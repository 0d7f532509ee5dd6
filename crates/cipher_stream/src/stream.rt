ghost use Rattle.std.specs.Prelude.{◌≡◌, ◌≤◌, length, slice_index, EachIndex};
ghost use Rattle.cipher_stream.specs.Stream.{seed_of, stream_byte, covered};

use rand_chacha::ChaCha20Rng;
use rand_core::{Rng, SeedableRng};
use sha2::{Digest, Sha256};

// The bytes of the longest block.
const LONGEST: usize = 122;

// The byte between the key and the step in what is hashed, which marks this use of the key.
const MARK: u8 = 82;

// Xors the stream of a key, a step and a row onto a block. The same call again takes it off.
pub(crate) fn cover(key: &[u8; 32], step: u32, row: u64, block: &mut [u8])
    requires { length block.old ≤ LONGEST }
    ensures { block.new ≡ covered (seed_of key.now step) row block.old }
{
    let mut stream = [0; LONGEST];
    let stream = &mut stream[..block.len()];
    draw(seed(key, step), row, stream);
    for (place, byte) in block.iter_mut().enumerate() {
        *byte ^= stream[place];
    }
}

// The seed of the generator under a key at a step.
fn seed(key: &[u8; 32], step: u32) -> [u8; 32]
    ensures { result ≡ seed_of key.now step }
{
    let mut hasher = Sha256::new();
    hasher.update(key);
    hasher.update([MARK]);
    hasher.update(step.to_be_bytes());
    hasher.finalize()
}

// Fills `stream` with the first bytes of a row's stream.
fn draw(seed: [u8; 32], row: u64, stream: &mut [u8])
    requires { length stream.old ≤ LONGEST }
    ensures { EachIndex stream.new (λ place. slice_index stream.new place ≡ stream_byte seed row place) }
{
    let mut generator = ChaCha20Rng::from_seed(seed);
    generator.set_stream(row);
    generator.fill_bytes(stream);
}
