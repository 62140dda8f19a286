/// The greatest stamp of an entry, in milliseconds.
pub const MAX_STAMP: u64 = 1_000_000_000;

/// How many entries a journal has at most.
pub const MAX_ENTRIES: u64 = 8_000_000;

/// How many games an arena begins at most.
pub const MAX_GAMES: u32 = 200_000;
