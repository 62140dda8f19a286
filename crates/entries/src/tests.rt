use crate::{Control, Entry, Player, Setup, Start};
use conn::{List, Text};
use std::alloc::Global;
use std::test::Fail;

#[test]
fn an_entry_is_small(rt: HostRuntime) {
    assert!(rt; size_of::<Entry>() <= 40);
    assert!(rt; size_of::<Start>() <= 16);
}

fn text(alloc: Global, bytes: &[u8]) -> Result<Text, Fail> {
    Ok(Text::of(Vec::from_slice(alloc, bytes)?))
}

#[test]
fn a_setup_is_copied(rt: HostRuntime) -> Result<(), Fail> {
    let alloc = rt.alloc();
    let anna = Player {
        name: text(alloc, b"anna")?,
        rating: 1900,
        team: Some(0),
    };
    let setup = Setup {
        control: Control {
            initial_ms: 60_000,
            inc_ms: 0,
            first_ms: 20_000,
        },
        starts: 0,
        ends: 3_600_000,
        wave_ms: 5_000,
        leaders: 3,
        rule: 2,
        teams: List::of(vec![in alloc; text(alloc, b"Red")?]?),
        players: List::of(vec![in alloc; anna]?),
    };
    let copied = setup.copy(alloc)?;
    assert_eq!(rt; copied.rule, 2);
    assert_eq!(rt; copied.ends, 3_600_000);
    assert_eq!(rt; copied.players.items().len(), 1);
    assert_eq!(rt; copied.teams.items().len(), 1);
    Ok(())
}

..............................

§ **Task description**: Only lines with the word "covered" are wanted, so copy each one from the records.

§ **Exercise result**:
ghost use Rattle.cipher_stream.specs.Stream.{seed_of, stream_byte, covered};
    ensures { block.new ≡ covered (seed_of key.now step) row block.old }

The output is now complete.